Forbidden City. Forbidden Words. What's on China's 'Banned' List?
The tragic events of June 4, 1989 in Tiananmen Square will unlikely be forgotten by the West. In China, it’s a completely different story, and one that provides a lesson for anyone looking to travel to China for business or pleasure.
More than discussing Taiwan, and much more than Tibet, the topic of ‘Tiananmen’ is an absolute no-go for visitors to our northerly neighbour. Such is the complete clampdown on any details surrounding the events that even if you local hosts are aware of the happenings of 26 years ago, they’re very unlikely to comment (or even acknowledge) them.
Rather, for the average Chinese person, Tiananmen Square is a place of pilgrimage where loyal citizens can visit the embalmed corpse of Chairman Mao and wander through the Forbidden City – locate adjacent to the giant plaza.

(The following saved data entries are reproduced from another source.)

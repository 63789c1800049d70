// Sessions of a program: read from a file, and saved as one. Both functions are total, and pass over the file a fixed number of times.
#![tactic(auto)]

ghost use Rattle.std.specs.Prelude.{Ok};
ghost use Rattle.program.specs.Says.{given, Says};
ghost use Rattle.saved.specs.Answers.{ReadSays, SaveSays};

use place::Place;
use program::Counts;
use refusals::{Reason, Refusal};

// A reading for a program that is accepted: 22, 20, 21, then the cells.
fn taken(file: &[u8], counts: Counts, saved: &[u8], store: &mut [i32]) -> Result<Place, Refusal>
    requires { Says file.now (given (Ok counts)) }
    ensures { ReadSays file.now saved.now store.old result store.new }
{
    let Some(place) = session::place_in(saved) else {
        return Err(Refusal::at(Reason::NoSession, 0));
    };
    if session::cells_in(saved) != Some(counts.cells) || store.len() != counts.cells {
        return Err(Refusal::at(Reason::WrongSize, 0));
    }
    let table = table::table(file);
    if !fits::fits(file, &table, counts.records, place) {
        return Err(Refusal::at(Reason::Unfit, 0));
    }
    session::get_cells(saved, store);
    Ok(place)
}

// The place of a session file, its cells into the store.
pub fn read(file: &[u8], saved: &[u8], store: &mut [i32]) -> Result<Place, Refusal>
    ensures { ReadSays file.now saved.now store.old result store.new }
{
    let counts = program::check(file)?;
    taken(file, counts, saved, store)
}

// A save for a program that is accepted: 20, 21, then the bytes, of which there are none where 23 is due.
fn put(
    file: &[u8],
    counts: Counts,
    place: Place,
    store: &[i32],
    buffer: &mut [u8],
) -> Result<usize, Refusal>
    requires { Says file.now (given (Ok counts)) }
    ensures { SaveSays file.now place store.now buffer.old result buffer.new }
{
    if store.len() != counts.cells {
        return Err(Refusal::at(Reason::WrongSize, 0));
    }
    let table = table::table(file);
    if !fits::fits(file, &table, counts.records, place) {
        return Err(Refusal::at(Reason::Unfit, 0));
    }
    session::put_session(place, store, buffer).ok_or(Refusal::at(Reason::NoRoom, 0))
}

// The session file of a place and a store, into the buffer: the bytes written.
pub fn save(file: &[u8], place: Place, store: &[i32], buffer: &mut [u8]) -> Result<usize, Refusal>
    ensures { SaveSays file.now place store.now buffer.old result buffer.new }
{
    let counts = program::check(file)?;
    put(file, counts, place, store, buffer)
}
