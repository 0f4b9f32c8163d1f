#![tactic(auto)]

// The integers, sums, least and greatest, and Gram forms as the definitions and proofs of the trainer use them. Mathematics only: this crate
// has no function. It uses no other crate.
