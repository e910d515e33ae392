// Heads of jobs and their mirrors on the other side of the C interface. Here and in the crates above, an array that is put from one struct into another has a
// name of its own between them: no proof is generated for one that is put straight.
ghost use Rattle.std.specs.Prelude.{◌≡◌};
ghost use Rattle.mirror.specs.Mirror.{phase_of, head_of, mirror_of};

use crate::CHead;
use columns::Columns;
use frame::Shape;
use job::{Head, Phase};

fn phase_of(phase: u32, length: usize, alone: u32) -> Phase
    ensures { result ≡ phase_of phase length alone }
{
    match phase {
        1 => Phase::Shaped,
        2 => Phase::Located {
            length,
            alone: alone == 1,
        },
        3 => Phase::Unfinished,
        _ => Phase::Empty,
    }
}

pub fn head_of(m: CHead) -> Head
    ensures { result ≡ head_of m }
{
    let checks = m.checks;
    let words = m.marks;
    let shape = Shape {
        rows: m.rows,
        columns: m.columns,
        checks,
        exponent: m.exponent,
    };
    Head {
        phase: phase_of(m.phase, m.length, m.alone),
        shape,
        columns: Columns { words },
    }
}

pub fn mirror_of(j: Head) -> CHead
    ensures { result ≡ mirror_of j }
{
    let (phase, length, alone) = match j.phase {
        Phase::Empty => (0, 0, false),
        Phase::Shaped => (1, 0, false),
        Phase::Located { length, alone } => (2, length, alone),
        Phase::Unfinished => (3, 0, false),
    };
    let checks = j.shape.checks;
    let marks = j.columns.words;
    CHead {
        phase,
        alone: u32::from(alone),
        length,
        rows: j.shape.rows,
        columns: j.shape.columns,
        marks,
        checks,
        exponent: j.shape.exponent,
    }
}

The International Business Times has an interesting story on the latest words to be censored by the Chinese Government on the occasion of the massacre’s anniversary. By collecting results of denied word searches in Weibo (the Facebook/Twitter equivalent) it’s not difficult to see the heavy hand of government across Chinese social media.
The list, developed by the crowdsourcing project China Digital Times (CDT), offers a revealing insight into what is deemed innapropriate by the good burghers of Berijing. CDT, coordinated by Xiao Qiang, adjunct professor at the University of California at Berkeley, gives us a peek behind the Great Firewall to see what is not only provocative in regard to Tiananmen, but in broader Chinese culture as well.
Organised chronologically, you can track various uprisings and items of dissent: ‘Umbrella opening’ (Hong Kong protests), ‘Tiger Ai’ (the dissident artist, Ai Weiwei) and, this week, ‘26 years’.
Unsearchable words: This screenshot from the Weibo search engine returned a message that reads, "According to the relevant laws, regulations and policies, the search results of 'tiananmen' cannot be displayed." (IBT)
While we (appropriately) debate metadata laws in Australia, this list provides a reminder of just how far Government can reach in the digital environment. In the day-to-day context, It might go a long way to understanding the language and nuance of discussions with Chinese friends and business partners.